JERSEY CITY, N.J., Feb. 15, 2013 /PRNewswire/ -- Aoxing Pharmaceutical Company, Inc. (NYSE MKT: AXN) ("Aoxing Pharma"), a specialty pharmaceutical company focusing on research, development, manufacturing, and distribution of narcotic, pain-management, and addiction treatment pharmaceuticals, today announced its financial and operational results for the three and six month periods ended December 31, 2012. Complete financial results can be found in the Quarterly Report on Form 10-Q filed by Aoxing Pharma on February 14, 2013.
Revenues for the three and six months ended December 31, 2012 were $3,314,768 and $5,919,531, respectively, representing a 56% and a 62% increase over the revenues realized in the comparable periods of fiscal year 2012. In both periods the increase in revenues led to a 60% increase in gross profit. The increase in revenue was mainly attributable to the increase in sales of our main product, Zhongtongan, which is now being marketed for gynecological and orthopaedic applications in addition to its core pediatric and stomotological market. Sales of Zhongtongan accounted for 93% of sales during the quarter ended December 31, 2012.Aoxing Pharma completed a $10.2 million financing at the end of September 2012, which allowed it to make some crucial investments in the future of its business. Operating expenses, therefore, were swelled during the second quarter of fiscal 2013 by two categories of targeted investment:
- Research and development ("R&D") expenses were $1,090,104 during the three months ended December 31, 2012 and $1,219,659 during the six month period then ended, in both cases representing a several fold increase over R&D expense in fiscal 2012.

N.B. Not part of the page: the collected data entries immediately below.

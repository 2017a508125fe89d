ghost use Rattle.std.specs.Prelude.{◌∷◌};
ghost use Rattle.terms.specs.Term.{Term};
ghost use Rattle.terms.specs.Text.{text_of};
ghost use Rattle.signature.specs.Declaring.{sig_of};
ghost use Rattle.traversal.specs.Walks.{Written};
ghost use Rattle.fixed_vec.specs.FixedVec.{content};
ghost use Rattle.traversal.specs.Bytes.{Lays};
ghost use Rattle.traversal.specs.Pendings.{Spread, Layable, Stepped, OfSize, SomeOfSize};

use crate::MOST;
use crate::count::count_symbols;
use crate::pending::{Lead, Pending};
use crate::row::arguments;
use crate::unwritten::Unwritten;
use fixed_vec::{FixedVec, Full};
use signature::Signature;
use terms::view::TermView;
use writer::Writer;

mod symbols;
mod writer;

// Writes the text of the term at a place to the front of the buffer and answers its length; or nothing is written.
pub fn write_text<V: TermView>(
    signature: &Signature,
    view: &V,
    place: u16,
    buffer: &mut [u8],
) -> Result<usize, Unwritten>
    ensures { Written (sig_of signature.now) (V.answers view.now) place buffer.old buffer.new result }
{
    let n = count_symbols(view, place).ok_or(Unwritten::NoTerm)?;
    let len = lay_text(signature, view, place, n, &mut []);
    if len > buffer.len() {
        return Err(Unwritten::TooShort);
    }
    lay_text(signature, view, place, n, buffer);
    Ok(len)
}

// Writes the text of a term of n symbols as far as the buffer reaches, and answers its whole length.
// The signature and the view stay two parameters, here and below: a struct of them would be made in one place and read in two.
fn lay_text<V: TermView>(
    signature: &Signature,
    view: &V,
    place: u16,
    n: usize,
    buffer: &mut [u8],
) -> usize
    requires { SomeOfSize (V.answers view.now) place n }
    ensures { (t : Term) → OfSize (V.answers view.now) place n t → Lays (text_of (sig_of signature.now) t) buffer.old 0 buffer.new result }
{
    let root = Pending {
        place,
        lead: None,
        closings: 0,
    };
    let mut stack: FixedVec<Pending, MOST> = FixedVec::new(root);
    let Ok(()) = stack.push(root) else {
        unreachable()
    };
    let mut writer = Writer::new(buffer);
    // Counted, and no `while let`: the count is what shows that the loop ends.
    for _k in 0..n {
        let Some(item) = stack.pop() else {
            unreachable()
        };
        lay_symbol(signature, view, item, &mut stack, &mut writer);
    }
    writer.len()
}

// Writes what stands before a term, its symbol and, where it has no arguments, what stands after it; its arguments go onto the stack.
fn lay_symbol<V: TermView>(
    signature: &Signature,
    view: &V,
    item: Pending,
    stack: &mut FixedVec<Pending, MOST>,
    writer: &mut Writer<'_>,
)
    requires { Layable (V.answers view.now) (item ∷ content stack.old) writer.old.len }
    ensures { Stepped (sig_of signature.now) (V.answers view.now) (item ∷ content stack.old) (content stack.new) writer.old writer.new }
{
    writer.put_lead(item.lead);
    writer.put_symbol(signature, view.symbol(item.place));
    let row = arguments(view, item.place);
    if row[0].is_none() {
        writer.put_closings(item.closings);
    } else {
        let Ok(()) = push_arguments(row, item.closings + 1, stack) else {
            unreachable()
        };
    }
}

// Puts arguments onto the stack, the first on top, with so many closing parentheses after the last.
fn push_arguments(
    row: [Option<u16>; 3],
    closings: u32,
    stack: &mut FixedVec<Pending, MOST>,
) -> Result<(), Full>
    ensures { Spread closings row (content stack.old) (content stack.new) result }
{
    let [first, second, third] = row;
    let mut after = closings;
    for (slot, lead) in [
        (third, Lead::Comma),
        (second, Lead::Comma),
        (first, Lead::Opening),
    ] {
        if let Some(place) = slot {
            stack.push(Pending {
                place,
                lead: Some(lead),
                closings: after,
            })?;
            after = 0;
        }
    }
    Ok(())
}
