// Loops over the terms of any view, with a stack of places: counting symbols, writing text and comparing two terms.
#![tactic(auto)]

pub mod compare;
pub mod count;
mod pending;
pub mod row;
pub mod unwritten;
pub mod write;

// The most symbols of a term that is walked.
pub const MOST: usize = 16_384;
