ghost use Rattle.fixed_vec.specs.FixedVec.{content};
ghost use Rattle.traversal.specs.Pendings.{SomeOfSize};
ghost use Rattle.traversal.specs.Comparing.{Compared, ComparedOfSize, SomeLeft, Opened};

use crate::MOST;
use crate::count::count_symbols;
use crate::row::push_arguments;
use fixed_vec::FixedVec;
use terms::symbol::Symbol;
use terms::view::TermView;

// Whether one term stands at two places, each of its own view; nothing where at one of them no term of at most 16,384 symbols stands.
pub fn same_terms<V: TermView, W: TermView>(
    first: &V,
    place: u16,
    second: &W,
    other: u16,
) -> Option<bool>
    ensures { Compared (V.answers first.now) place (W.answers second.now) other result }
{
    let n = count_symbols(first, place)?;
    let m = count_symbols(second, other)?;
    if n != m {
        return Some(false);
    }
    Some(same_of_size(first, place, second, other, n))
}

// Whether two terms of n symbols are one: both are gone through in reading order, up to the first symbol that differs or has another
// number of arguments.
fn same_of_size<V: TermView, W: TermView>(
    first: &V,
    place: u16,
    second: &W,
    other: u16,
    n: usize,
) -> bool
    requires first { SomeOfSize (V.answers first.now) place n }
    requires second { SomeOfSize (W.answers second.now) other n }
    ensures { ComparedOfSize (V.answers first.now) place (W.answers second.now) other n result }
{
    let mut places: FixedVec<u16, MOST> = FixedVec::new(place);
    let mut others: FixedVec<u16, MOST> = FixedVec::new(other);
    let (Ok(()), Ok(())) = (places.push(place), others.push(other)) else {
        unreachable()
    };
    for _k in 0..n {
        if next_symbol(first, &mut places) != next_symbol(second, &mut others) {
            return false;
        }
        if places.len() != others.len() {
            return false;
        }
    }
    true
}

// Takes the top place off, puts the places of its arguments there, and answers its symbol.
fn next_symbol<V: TermView>(view: &V, stack: &mut FixedVec<u16, MOST>) -> Option<Symbol>
    requires { SomeLeft (V.answers view.now) (content stack.old) }
    ensures { Opened (V.answers view.now) (content stack.old) (content stack.new) result }
{
    let Some(place) = stack.pop() else {
        unreachable()
    };
    let Ok(()) = push_arguments(view, place, stack) else {
        unreachable()
    };
    view.symbol(place)
}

- Selling expenses in the amount of $1,706,202 incurred during the three months ended December 31, 2012 and $2,314,873 during the six months then ended were, in both cases, several fold higher than the selling expenses incurred during fiscal 2012. The increase in selling expenses was attributable to the addition of 90 employees to the sales staff, increases in travel expenses, and the expenses of an expanded advertising and marketing campaign. Recently, Aoxing Pharma signed advertising contracts totaling approximately $3.66 million with four different television stations, covering the period from January 2013 to December 2013.